▸ Task objective:
Within the records below is a range that opens at the line with "outcome rows.c25_8 ≡" and closes at the line with "outcome rows.c26_3 ≡". Return that range word for word, both ends included, and only that range.

*** Opening of Source material ***

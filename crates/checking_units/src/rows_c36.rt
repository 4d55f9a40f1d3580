//! C36: static_assert failed: what the definition of checking answers.
ghost use Rattle.std.specs.Prelude.{◌≡◌};
ghost use Rattle.checking_units.specs.Parts.{outcome, breaks};
ghost use Rattle.checking_units.specs.RowsC36 as rows;

/// C36: static_assert failed.
pub fn rows_c36()
    ensures c36_1 { outcome rows.c36_1 ≡ breaks 36 1 }
    ensures c36_2 { outcome rows.c36_2 ≡ breaks 36 19 }
    ensures c36_3 { outcome rows.c36_3 ≡ breaks 36 1 }
    ensures c36_4 { outcome rows.c36_4 ≡ breaks 36 16 }
    ensures c36_5 { outcome rows.c36_5 ≡ breaks 36 19 }
{}
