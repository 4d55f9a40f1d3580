//! objects of type void: what the definition of checking answers.
ghost use Rattle.std.specs.Prelude.{◌≡◌};
ghost use Rattle.checking_units.specs.Parts.{outcome, accepted, breaks};
ghost use Rattle.checking_units.specs.RowsObjectsOfTypeVoid as rows;

/// objects of type void.
pub fn rows_objects_of_type_void()
    ensures objects_of_type_void_1 { outcome rows.objects_of_type_void_1 ≡ accepted }
    ensures objects_of_type_void_2 { outcome rows.objects_of_type_void_2 ≡ breaks 11 32 }
    ensures objects_of_type_void_3 { outcome rows.objects_of_type_void_3 ≡ breaks 11 27 }
    ensures objects_of_type_void_4 { outcome rows.objects_of_type_void_4 ≡ breaks 10 33 }
    ensures objects_of_type_void_5 { outcome rows.objects_of_type_void_5 ≡ breaks 22 38 }
    ensures objects_of_type_void_6 { outcome rows.objects_of_type_void_6 ≡ breaks 22 13 }
{}
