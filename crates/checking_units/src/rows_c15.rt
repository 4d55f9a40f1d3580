//! C15: wrong number of arguments: what the definition of checking answers.
ghost use Rattle.std.specs.Prelude.{◌≡◌};
ghost use Rattle.checking_units.specs.Parts.{outcome, breaks};
ghost use Rattle.checking_units.specs.RowsC15 as rows;

/// C15: wrong number of arguments.
pub fn rows_c15()
    ensures c15_1 { outcome rows.c15_1 ≡ breaks 15 36 }
    ensures c15_2 { outcome rows.c15_2 ≡ breaks 15 32 }
    ensures c15_3 { outcome rows.c15_3 ≡ breaks 15 54 }
{}
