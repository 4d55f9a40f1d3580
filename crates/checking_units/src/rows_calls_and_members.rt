//! calls and members: what the definition of checking answers.
ghost use Rattle.std.specs.Prelude.{◌≡◌};
ghost use Rattle.checking_units.specs.Parts.{outcome, accepted, breaks};
ghost use Rattle.checking_units.specs.RowsCallsAndMembers as rows;

/// calls and members.
pub fn rows_calls_and_members()
    ensures calls_and_members_1 { outcome rows.calls_and_members_1 ≡ breaks 15 51 }
    ensures calls_and_members_2 { outcome rows.calls_and_members_2 ≡ breaks 15 46 }
    ensures calls_and_members_3 { outcome rows.calls_and_members_3 ≡ breaks 16 30 }
    ensures calls_and_members_4 { outcome rows.calls_and_members_4 ≡ breaks 22 67 }
    ensures calls_and_members_5 { outcome rows.calls_and_members_5 ≡ accepted }
    ensures calls_and_members_6 { outcome rows.calls_and_members_6 ≡ breaks 9 45 }
    ensures calls_and_members_7 { outcome rows.calls_and_members_7 ≡ breaks 12 39 }
    ensures calls_and_members_8 { outcome rows.calls_and_members_8 ≡ accepted }
    ensures calls_and_members_9 { outcome rows.calls_and_members_9 ≡ accepted }
    ensures calls_and_members_10 { outcome rows.calls_and_members_10 ≡ accepted }
{}
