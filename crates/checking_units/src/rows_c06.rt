//! C06: tag is of another kind or defined twice: what the definition of checking answers.
ghost use Rattle.std.specs.Prelude.{◌≡◌};
ghost use Rattle.checking_units.specs.Parts.{outcome, breaks};
ghost use Rattle.checking_units.specs.RowsC06 as rows;

/// C06: tag is of another kind or defined twice.
pub fn rows_c06()
    ensures c06_1 { outcome rows.c06_1 ≡ breaks 6 22 }
    ensures c06_2 { outcome rows.c06_2 ≡ breaks 6 27 }
    ensures c06_3 { outcome rows.c06_3 ≡ breaks 6 29 }
    ensures c06_4 { outcome rows.c06_4 ≡ breaks 6 20 }
    ensures c06_5 { outcome rows.c06_5 ≡ breaks 6 19 }
    ensures c06_6 { outcome rows.c06_6 ≡ breaks 6 22 }
    ensures c06_7 { outcome rows.c06_7 ≡ breaks 6 27 }
    ensures c06_8 { outcome rows.c06_8 ≡ breaks 6 16 }
    ensures c06_9 { outcome rows.c06_9 ≡ breaks 6 29 }
    ensures c06_10 { outcome rows.c06_10 ≡ breaks 6 54 }
{}
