//! C25: array length or type size is out of range: what the definition of checking answers.
ghost use Rattle.std.specs.Prelude.{◌≡◌};
ghost use Rattle.checking_units.specs.Parts.{outcome, breaks};
ghost use Rattle.checking_units.specs.RowsC25 as rows;

/// C25: array length or type size is out of range.
pub fn rows_c25()
    ensures c25_1 { outcome rows.c25_1 ≡ breaks 25 1 }
    ensures c25_2 { outcome rows.c25_2 ≡ breaks 25 17 }
    ensures c25_3 { outcome rows.c25_3 ≡ breaks 25 7 }
    ensures c25_4 { outcome rows.c25_4 ≡ breaks 25 7 }
    ensures c25_5 { outcome rows.c25_5 ≡ breaks 25 6 }
    ensures c25_6 { outcome rows.c25_6 ≡ breaks 25 5 }
    ensures c25_7 { outcome rows.c25_7 ≡ breaks 25 6 }
    ensures c25_8 { outcome rows.c25_8 ≡ breaks 25 13 }
    ensures c25_9 { outcome rows.c25_9 ≡ breaks 25 19 }
    ensures c25_10 { outcome rows.c25_10 ≡ breaks 25 1 }
{}
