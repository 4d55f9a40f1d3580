//! C26: function literal names an automatic object of its surroundings: what the definition of checking answers.
ghost use Rattle.std.specs.Prelude.{◌≡◌};
ghost use Rattle.checking_units.specs.Parts.{outcome, breaks};
ghost use Rattle.checking_units.specs.RowsC26 as rows;

/// C26: function literal names an automatic object of its surroundings.
pub fn rows_c26()
    ensures c26_1 { outcome rows.c26_1 ≡ breaks 26 45 }
    ensures c26_2 { outcome rows.c26_2 ≡ breaks 26 59 }
    ensures c26_3 { outcome rows.c26_3 ≡ breaks 26 74 }
    ensures c26_4 { outcome rows.c26_4 ≡ breaks 26 46 }
    ensures c26_5 { outcome rows.c26_5 ≡ breaks 26 84 }
{}
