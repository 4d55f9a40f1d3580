//! pointers: what the definition of checking answers.
ghost use Rattle.std.specs.Prelude.{◌≡◌};
ghost use Rattle.checking_units.specs.Parts.{outcome, accepted, breaks};
ghost use Rattle.checking_units.specs.RowsPointers as rows;

/// pointers.
pub fn rows_pointers()
    ensures pointers_1 { outcome rows.pointers_1 ≡ accepted }
    ensures pointers_2 { outcome rows.pointers_2 ≡ breaks 9 20 }
    ensures pointers_3 { outcome rows.pointers_3 ≡ breaks 9 20 }
    ensures pointers_4 { outcome rows.pointers_4 ≡ breaks 9 18 }
    ensures pointers_5 { outcome rows.pointers_5 ≡ breaks 9 20 }
    ensures pointers_6 { outcome rows.pointers_6 ≡ breaks 9 20 }
    ensures pointers_7 { outcome rows.pointers_7 ≡ breaks 9 37 }
    ensures pointers_8 { outcome rows.pointers_8 ≡ breaks 12 33 }
    ensures pointers_9 { outcome rows.pointers_9 ≡ breaks 12 35 }
    ensures pointers_10 { outcome rows.pointers_10 ≡ breaks 12 33 }
    ensures pointers_11 { outcome rows.pointers_11 ≡ breaks 12 34 }
    ensures pointers_12 { outcome rows.pointers_12 ≡ breaks 12 29 }
    ensures pointers_13 { outcome rows.pointers_13 ≡ breaks 12 22 }
    ensures pointers_14 { outcome rows.pointers_14 ≡ breaks 12 24 }
    ensures pointers_15 { outcome rows.pointers_15 ≡ breaks 9 24 }
{}
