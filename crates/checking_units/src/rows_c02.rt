//! C02: name is declared twice in one scope: what the definition of checking answers.
ghost use Rattle.std.specs.Prelude.{◌≡◌};
ghost use Rattle.checking_units.specs.Parts.{outcome, breaks};
ghost use Rattle.checking_units.specs.RowsC02 as rows;

/// C02: name is declared twice in one scope.
pub fn rows_c02()
    ensures c02_1 { outcome rows.c02_1 ≡ breaks 2 24 }
    ensures c02_2 { outcome rows.c02_2 ≡ breaks 2 18 }
    ensures c02_3 { outcome rows.c02_3 ≡ breaks 2 11 }
    ensures c02_4 { outcome rows.c02_4 ≡ breaks 2 27 }
    ensures c02_5 { outcome rows.c02_5 ≡ breaks 2 15 }
    ensures c02_6 { outcome rows.c02_6 ≡ breaks 2 20 }
    ensures c02_7 { outcome rows.c02_7 ≡ breaks 2 28 }
    ensures c02_8 { outcome rows.c02_8 ≡ breaks 2 23 }
    ensures c02_9 { outcome rows.c02_9 ≡ breaks 2 11 }
    ensures c02_10 { outcome rows.c02_10 ≡ breaks 2 8 }
    ensures c02_11 { outcome rows.c02_11 ≡ breaks 2 18 }
    ensures c02_12 { outcome rows.c02_12 ≡ breaks 2 29 }
    ensures c02_13 { outcome rows.c02_13 ≡ breaks 2 23 }
    ensures c02_14 { outcome rows.c02_14 ≡ breaks 2 21 }
{}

*** Close of Source material ***

▸ Written reply:
    ensures c25_8 { outcome rows.c25_8 ≡ breaks 25 13 }
    ensures c25_9 { outcome rows.c25_9 ≡ breaks 25 19 }
    ensures c25_10 { outcome rows.c25_10 ≡ breaks 25 1 }
{}
repository 4d55f9a40f1d3580
//! C26: function literal names an automatic object of its surroundings: what the definition of checking answers.
ghost use Rattle.std.specs.Prelude.{◌≡◌};
ghost use Rattle.checking_units.specs.Parts.{outcome, breaks};
ghost use Rattle.checking_units.specs.RowsC26 as rows;

/// C26: function literal names an automatic object of its surroundings.
pub fn rows_c26()
    ensures c26_1 { outcome rows.c26_1 ≡ breaks 26 45 }
    ensures c26_2 { outcome rows.c26_2 ≡ breaks 26 59 }
    ensures c26_3 { outcome rows.c26_3 ≡ breaks 26 74 }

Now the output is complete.